De nuevo se ha anunciado otra reunión, para esta semana, en el Ministerio de Fomento para volver a hablar de la modernización del tren. Hace algo más de un año y en otra reunión, en la que no estuvieron todos los que tenían que estar, en ese departamento se cuantificó en 1.300 los millones que el Gobierno central aportaría en cuatro años, a razón de 250 millones anuales. En noviembre del año pasado ADIF, el Administrador de Infraestructuras Ferroviarias, licitó el suministro del balasto para el tramo Algeciras-Almoraima y San Roque-Mercancías. Se trata de material para la mejora de las traviesas.

El alcalde, José Ignacio Landaluce, se mostró entonces muy satisfecho por unas obras presupuestadas en casi cinco millones, que fueron adjudicadas en abril pasado y cuyos trabajos no llegaron a comenzar, tal como estaba previsto, por problemas con la empresa adjudicataria, según reconoció la ministra de Fomento, hacia la que el munícipe solo tiene palabras de elogio.

Hablamos de promesas con escaso valor porque, hay que insistir, en los últimos cinco años no se ha colocado ni una sola traviesa a lo largo de esta línea, en la que en ese período tan solo se ha invertido hasta la fecha una cifra ridícula que no llega ni a los veinte millones de euros.

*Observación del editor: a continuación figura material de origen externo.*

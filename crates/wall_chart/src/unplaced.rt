// The lines of the parts that wait for a stand on a day.
ghost use Rattle.std.specs.Prelude.{◌≡◌, ◌≤◌, ◌++◌, IfOk, OnOk};
ghost use Rattle.wall_chart.specs.Chart.{unplaced_lines};
ghost use Rattle.wall_chart.specs.Unplaced.{blocker_text, bump_text, place_bump_text, unplaced_line, unplaced_on};

use crate::rows::{push_part, push_row, push_rule};
use crate::times::{push_number, push_time};
use apron_base::Memory;
use apron_rules::AirportParts;
use plan_core::Plan;
use plan_lists::{is_of_day, unplaced_parts};
use std::alloc::Global;
use visit_book::{Bump, PartRow, Place};

/// Writes the lines of the parts that wait for a stand on the day at the end.
pub(crate) fn push_unplaced_lines(
    alloc: Global,
    text: &mut Vec<u8>,
    airport: &AirportParts,
    plan: &Plan,
    day: u32,
) -> Result<(), Memory>
    requires first { 1 ≤ day }
    ensures text { OnOk result
        (text.new.items ≡ text.old.items ++ unplaced_lines airport.now plan.now.plan day) }
{
    text.extend_from_slice(b"UNPLACED\n")?;
    let rows = unplaced_on(alloc, plan, day)?;
    for row in &rows {
        push_unplaced_line(text, airport, plan, row)?;
    }
    Ok(())
}

fn unplaced_on(alloc: Global, plan: &Plan, day: u32) -> Result<Vec<PartRow>, Memory>
    requires first { 1 ≤ day }
    ensures are { IfOk result (λ rows. rows.items ≡ unplaced_on plan.now.plan day) }
{
    let mut rows = unplaced_parts(alloc, plan)?.into_vec();
    rows.retain(|row| is_of_day(day, row));
    Ok(rows)
}

pub(crate) fn push_unplaced_line(
    text: &mut Vec<u8>,
    airport: &AirportParts,
    plan: &Plan,
    row: &PartRow,
) -> Result<(), Memory>
    ensures text { OnOk result
        (text.new.items
        ≡ text.old.items ++ unplaced_line airport.now plan.now.plan.visits row.now) }
{
    push_row(text, airport, plan, row)?;
    push_place_bump(text, &row.part.place)?;
    text.push(b'\n')?;
    Ok(())
}

fn push_place_bump(text: &mut Vec<u8>, place: &Place) -> Result<(), Memory>
    ensures text { OnOk result (text.new.items ≡ text.old.items ++ place_bump_text place.now) }
{
    match place {
        Place::Unplaced(Some(bump)) => push_bump(text, bump),
        _ => Ok(()),
    }
}

fn push_bump(text: &mut Vec<u8>, bump: &Bump) -> Result<(), Memory>
    ensures text { OnOk result (text.new.items ≡ text.old.items ++ bump_text bump.now) }
{
    push_blocker(text, bump)?;
    text.extend_from_slice(b" at ")?;
    push_time(text, bump.minute)?;
    text.push(b' ')?;
    push_rule(text, bump.rule)
}

fn push_blocker(text: &mut Vec<u8>, bump: &Bump) -> Result<(), Memory>
    ensures text { OnOk result (text.new.items ≡ text.old.items ++ blocker_text bump.now) }
{
    text.extend_from_slice(b" bumped by ")?;
    push_part(text, bump.blocker)?;
    text.extend_from_slice(b" in entry ")?;
    push_number(text, bump.entry)
}
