// The date of a day of a plan.
ghost use Rattle.std.specs.Prelude.{◌≡◌, ◌≤◌, ◌++◌, OnOk};
ghost use Rattle.apron_dates.specs.Dates.{IsFirstDay, civil_ymd, plan_ymd, ymd_of};
ghost use Rattle.wall_chart.specs.Times.{ymd_text};

use crate::times::{push_number, push_two};
use apron_base::Memory;
use apron_dates::{Date, plan_date};
use jiff::civil;

/// Writes the date of a day of a plan at the end. Day 1 is the first.
pub(crate) fn push_date(text: &mut Vec<u8>, first: Date, day: u32) -> Result<(), Memory>
    requires first { IsFirstDay first }
    requires day { day ≤ 28 }
    ensures text { OnOk result
        (text.new.items ≡ text.old.items ++ ymd_text (plan_ymd (ymd_of first) day)) }
{
    push_ymd(text, plan_date(first, day))
}

fn push_ymd(text: &mut Vec<u8>, date: civil::Date) -> Result<(), Memory>
    ensures text { OnOk result (text.new.items ≡ text.old.items ++ ymd_text (civil_ymd date)) }
{
    push_number(text, date.year().unsigned_abs() as u32)?;
    text.push(b'-')?;
    push_two(text, date.month() as u32)?;
    text.push(b'-')?;
    push_two(text, date.day() as u32)
}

En la legislatura anterior, al menos, se hicieron obras por unos 200 millones en el tramo San Pablo de Buceite-Ronda, aunque claro también se podía haber hecho bastante más entonces .

En los presupuestos para 2016, a cargo de ADIF, se incluyeron cuatro partidas económicas para el periodo 2016-2019 y que suman en total 220 millones de euros. A esto se añadirían unos 140 millones más de fondos europeos. Incluso la Autoridad Portuaria también está comprometida con una aportación de 12,5 millones de euros, correspondientes al fondo de accesibilidad portuaria.

Hasta en esto parece que se nos mide con un rasero diferente ya que lo presupuestado, que aún no ejecutado, para el Corredor Mediterráneo central nada tiene que ver con lo que el Gobierno tiene pensado invertir en el tramo costero del Corredor Mediterráneo. Lo que está claro es que los grupos de presión de Levante han dejado oír su voz, aún cuando el corredor que enlazaría Algeciras con Europa, pasando por Madrid, está mucho más avanzado que el costero, que requiere más inversión y trabajo.

A ese ritmo, esta claro que no tendremos una línea modernizada, tal y como se merece el puerto de Algeciras, en el año 2020 que es el objetivo marcado por la UE. Todo esto me recuerda al día de la marmota. Lo que está claro es que habría que dejarse de tonterías y todos unidos, recuperando la desaparecida Plataforma en defensa del ferrocarril, hacer presión para que no nos sigan tomando el pelo.